察しのいい方は前回の記事の時点でお気づきだったと思いますが、今回はS&Mシリーズ7作目「夏のレプリカ」です。

前回の記事で書いた「幻惑の死と使途」と対になっている作品で、同時期に起きた事件をそれぞれ別の本に物語としてまとめてあるという設定…作者の遊び心が感じられます。というわけで、この作品も"夏が舞台のミステリー"

 

 

「幻惑の死と使途」は奇数章のみ、「夏のレプリカ」は偶数章のみの構成になっているのはそのためです。

片方だけ読んでも全く問題ないですが、一方で登場した人物がその後全く出てこなくて何だったんだろう…みたいなことがあるので、読んでいて細かいことが気になるタイプの方は「?」となるかもしれません。

二つの本を章の順に沿って交互に読み進めるということもできるので、一度読んだことある方はそういう読み方をしてみてもいいかもしれませんね。ただ、初読の方には交互読みはおすすめしません。この後書きますが、「夏のレプリカ」はミステリーとしてはちょっと分かりにくいお話なので。

 

それと、今回も私が持っているのは最初に貼ったPickの版で、出版年も最初の文庫本の年になっています。
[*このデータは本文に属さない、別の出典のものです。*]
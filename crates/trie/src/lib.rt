// Trie parts in lent columns: soundness, steps and walks, and looking a string up.
#![tactic(auto)]

use refusal::{Fault, MAX_TEXT};

pub mod checked;
pub mod soundness;

ghost use Rattle.std.specs.Prelude.{◌≡◌, true, ◌≤◌, length};
ghost use Rattle.doubles.specs.Units.{units, scores_was};
ghost use Rattle.trie.specs.Trie.{parts};
ghost use Rattle.trie.specs.Sound.{sound, sound_scored};
ghost use Rattle.trie.specs.Lookup.{LookedUp};
ghost use Rattle.refusal.specs.Lent.{was};

// The parts of a trie as they are lent: a column for each number that a node has, its first edge, its edge count and its id,
// and for each that an edge has, its byte and its target. The score column of a Unigram trie is lent beside these.
#[derive(Clone, Copy)]
pub struct Parts<'a> {
    pub edge_at: &'a [u32],
    pub edge_n: &'a [u16],
    pub id: &'a [u32],
    pub byte: &'a [u8],
    pub to: &'a [u32],
}

// The look-up in sound parts of a text within the limit: what is left to refuse is an ill-formed text.
fn look_up(t: &Parts, s: &[u8]) -> Result<Option<u32>, Fault>
    requires { (sound (parts t.now) ≡ true) × (length s.now ≤ 65536) }
    ensures { LookedUp true (parts t.now) (was s) result }
{
    text::utf8::judge(s)?;
    Ok(checked::exact(t, s))
}

// The id of a text in a Unigram trie's parts: refused are a text above the limit, then parts that are not sound, then an
// ill-formed text.
pub fn exact(
    t: &Parts,
    score: &[f64],
    unknown_score: f64,
    text: &[u8],
) -> Result<Option<u32>, Fault>
    ensures { LookedUp (sound_scored (parts t.now) (scores_was score) (units unknown_score)) (parts t.now) (was text) result }
{
    if MAX_TEXT < text.len() {
        return Err(Fault::Size);
    }
    if !soundness::sound_scored(t, score, unknown_score) {
        return Err(Fault::Trie);
    }
    look_up(t, text)
}

// The same in parts without scores.
pub fn exact_unscored(t: &Parts, text: &[u8]) -> Result<Option<u32>, Fault>
    ensures { LookedUp (sound (parts t.now)) (parts t.now) (was text) result }
{
    if MAX_TEXT < text.len() {
        return Err(Fault::Size);
    }
    if !soundness::sound(t) {
        return Err(Fault::Trie);
    }
    look_up(t, text)
}
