// Which lent parts are sound. Each test answers for any columns of any lengths: what it reads lies inside, and a sum of two
// numbers of the columns fits. One pass over the nodes with their edges' bytes, one over the targets, one over the scores.
ghost use Rattle.std.specs.Prelude.{◌≡◌, ◌+◌, ◌≤◌, ltb, length, get_or};
ghost use Rattle.doubles.specs.Units.{units, scores_was};
ghost use Rattle.trie.specs.Trie.{parts};
ghost use Rattle.trie.specs.Sound.{every, rises, sound_edges, sound_node, sound, all_finite, sound_scored};
ghost use Rattle.refusal.specs.Lent.{was};

use crate::Parts;

// A node number is a u32, and the largest is no node's.
const MAX_NODES: usize = 4_294_967_295;

// An edge for each byte.
const MAX_EDGES: usize = 256;

// The bytes of the n edges from `at` on rise strictly.
fn rising(byte: &[u8], at: usize, n: usize) -> bool
    requires { at + n ≤ length byte.now }
    ensures { result ≡ rises (was byte) at n }
{
    byte[at..at + n].is_sorted_by(|a, b| *a < *b)
}

// The n edges from `at` on lie inside the edge part, are no more than 256, and rise.
fn edges_sound(byte: &[u8], at: u32, n: u16) -> bool
    ensures { result ≡ sound_edges (was byte) at n }
{
    let from = at as usize;
    let count = n as usize;
    from + count <= byte.len() && count <= MAX_EDGES && rising(byte, from, count)
}

// Every node's edges are sound. A `for` over the nodes, since a `zip` walks two columns and counts beside them.
fn nodes_sound(t: &Parts) -> bool
    requires { length t.now.edge_n.now ≡ length t.now.edge_at.now }
    ensures { result ≡ every (length t.now.edge_at.now) (sound_node (parts t.now)) }
{
    for k in 0..t.edge_at.len() {
        if !edges_sound(t.byte, t.edge_at[k], t.edge_n[k]) {
            return false;
        }
    }
    true
}

// Every target is below the number of nodes. A `for`, which is compiled to a test of the target and one of the end; as `all` a
// look-up in a small trie took a third longer.
fn targets_inside(to: &[u32], nodes: usize) -> bool
    ensures { result ≡ every (length (was to)) (λ e. ltb (get_or (was to) e 0) nodes) }
{
    for e in to {
        if nodes <= *e as usize {
            return false;
        }
    }
    true
}

// Every score is finite.
fn all_finite(score: &[f64]) -> bool
    ensures { result ≡ all_finite (scores_was score) }
{
    score.iter().all(|&x| doubles::is_finite(x))
}

// Parts without scores are sound. The columns' lengths are tested first.
#[tactic(auto, unfolding(crate::specs::Sound::sound))]
pub fn sound(t: &Parts) -> bool
    ensures { result ≡ sound (parts t.now) }
{
    let nodes = t.edge_at.len();
    0 < nodes
        && nodes <= MAX_NODES
        && t.edge_n.len() == nodes
        && t.id.len() == nodes
        && t.to.len() == t.byte.len()
        && nodes_sound(t)
        && targets_inside(t.to, nodes)
}

// A Unigram trie's parts with their scores are sound: also a score for each node, all finite, and a finite unknown score.
#[tactic(auto, unfolding(crate::specs::Sound::sound_scored))]
pub fn sound_scored(t: &Parts, score: &[f64], unknown_score: f64) -> bool
    ensures { result ≡ sound_scored (parts t.now) (scores_was score) (units unknown_score) }
{
    doubles::is_finite(unknown_score)
        && score.len() == t.edge_at.len()
        && sound(t)
        && all_finite(score)
}
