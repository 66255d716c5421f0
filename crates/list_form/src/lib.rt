// The form of a list of tickets: its tickets, and how many its bytes make; its refusal, a ticket's number in its
// byte, the counts.
//
// The functions serve the crates above, whose list calls do this besides running their tickets; none is a
// call of a host. `put_answer` and `sum_up` have a `requires`, on the counts that a list call keeps; the
// others have none. What a list call answers and leaves is defined here, in specs. The crate assumes nothing.
#![tactic(auto)]

mod answers;
mod tickets;

pub use answers::{Listed, check_list, put_answer, sum_up};
pub use tickets::{count_tickets, tickets_of};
単行本も、新しい装丁の文庫本も、やっぱりかっこいいな…。

 

前置きが長くなりましたが、あらすじです。

東京の大学に通っている簑沢杜萌は、夏休みに帰省した実家で仮面をつけた人間に誘拐されてしまいます。家族と共に別荘に閉じ込められますが事なきを得るも、自宅にいたはずの兄・素生(もとき)が行方不明に…。

杜萌が兄の行方を捜す一方で、友達の西之園萌絵もこの事件に関心を持ち調べ始めます。

長い間会っていなかった兄を捜す中で、杜萌には過去の出来事が次々と思い出されて…。

 

前回の「幻惑の死と使途」はイリュージョンで読者を翻弄するミステリーになっていましたが、「夏のレプリカ」は杜萌の心の中や記憶を探る描写が多く、ちょっと幻想的な印象も受ける作品になっています。ミステリーなんだけど、「幻惑の死と使途」みたいにトリックを見破るのがキモっていう直球ミステリーではないです。

 

誘拐事件に行方不明、殺人事件も絡んでくるので事件としては複雑で、読者としては"どうやって"よりは"なぜ"のほうが気になってしまうストーリーになっています。
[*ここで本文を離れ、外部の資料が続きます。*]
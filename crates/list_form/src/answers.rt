// The answers of a list: its refusal, a ticket's number in its byte, the counts.
ghost use Rattle.std.specs.Prelude.{◌≡◌, ◌≤◌, ◌<◌, length, set};
ghost use Rattle.table.specs.Refused.{answer_of};
ghost use Rattle.list_form.specs.Listing.{refusal_of};
ghost use Rattle.list_form.specs.Loops.{accepted_after, listed_of};

use consistency::check;
use table::{Refusal, Word};

// What a list call answers that is not refused: how many tickets were accepted and how many refused.
#[derive(Clone, Copy)]
pub struct Listed {
    pub accepted: usize,
    pub refused: usize,
}

// The first of refusals 1, 2, 3 and 14 whose condition holds, if one does, of a list of this many tickets with
// room for so many answers.
pub fn check_list(table: &[Word], tickets: usize, room: usize) -> Result<(), Refusal>
    ensures answer { answer_of result ≡ refusal_of table.now tickets room }
{
    check(table)?;
    if room < tickets {
        return Err(Refusal::FewAnswers);
    }
    Ok(())
}

// A ticket's number goes to its byte, the one at its place in the list. The answer is how many are accepted
// with it, `accepted` of those before it.
pub fn put_answer(answers: &mut [u8], place: usize, accepted: usize, number: u8) -> usize
    requires place { place < length answers.old }
    requires bound { accepted ≤ place }
    ensures answer { result ≡ accepted_after accepted number }
    ensures bytes { answers.new ≡ set answers.old place number }
{
    answers[place] = number;
    if number == 0 {
        return accepted + 1;
    }
    accepted
}

// The answer of a list by how many of its tickets are accepted.
pub fn sum_up(tickets: usize, accepted: usize) -> Listed
    requires bound { accepted ≤ tickets }
    ensures answer { result ≡ listed_of tickets accepted }
{
    Listed {
        accepted,
        refused: tickets - accepted,
    }
}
杜萌が封印していた記憶の断片が物語のピースを埋めていく感があり、読んでいる側としては杜萌のモヤモヤが伝染するので、論理的にすっきりさせていって最後に全てがぴったりとはまるパズル的なミステリーが好みの方には相性が良くないかもしれません。

 

「幻惑の死と使途」とセットになっている構成な時点で、普通のミステリー小説とはちょっと違うなというのが明白なので、考察や分析を楽しみたい方は二倍楽しめると思います。

 

また、杜萌視点での語りが多いですが、萌絵もちゃんと主人公の一人です。

杜萌は萌絵と並ぶ才能の持ち主なので、この組み合わせは、萌絵と女友達との絡みとしてこのシリーズでは珍しいシーンになっていると思います。

 

「幻惑の死と使途」と合わせて読んでもいいし、単独で読んでもいい。…でも個人的には合わせて読みたいかな。

二つの作品はカラーがだいぶ違うので、好き嫌いは出ると思うんですけど、森博嗣作品にはまってしまうとどっちも読みたくなっちゃうのよね。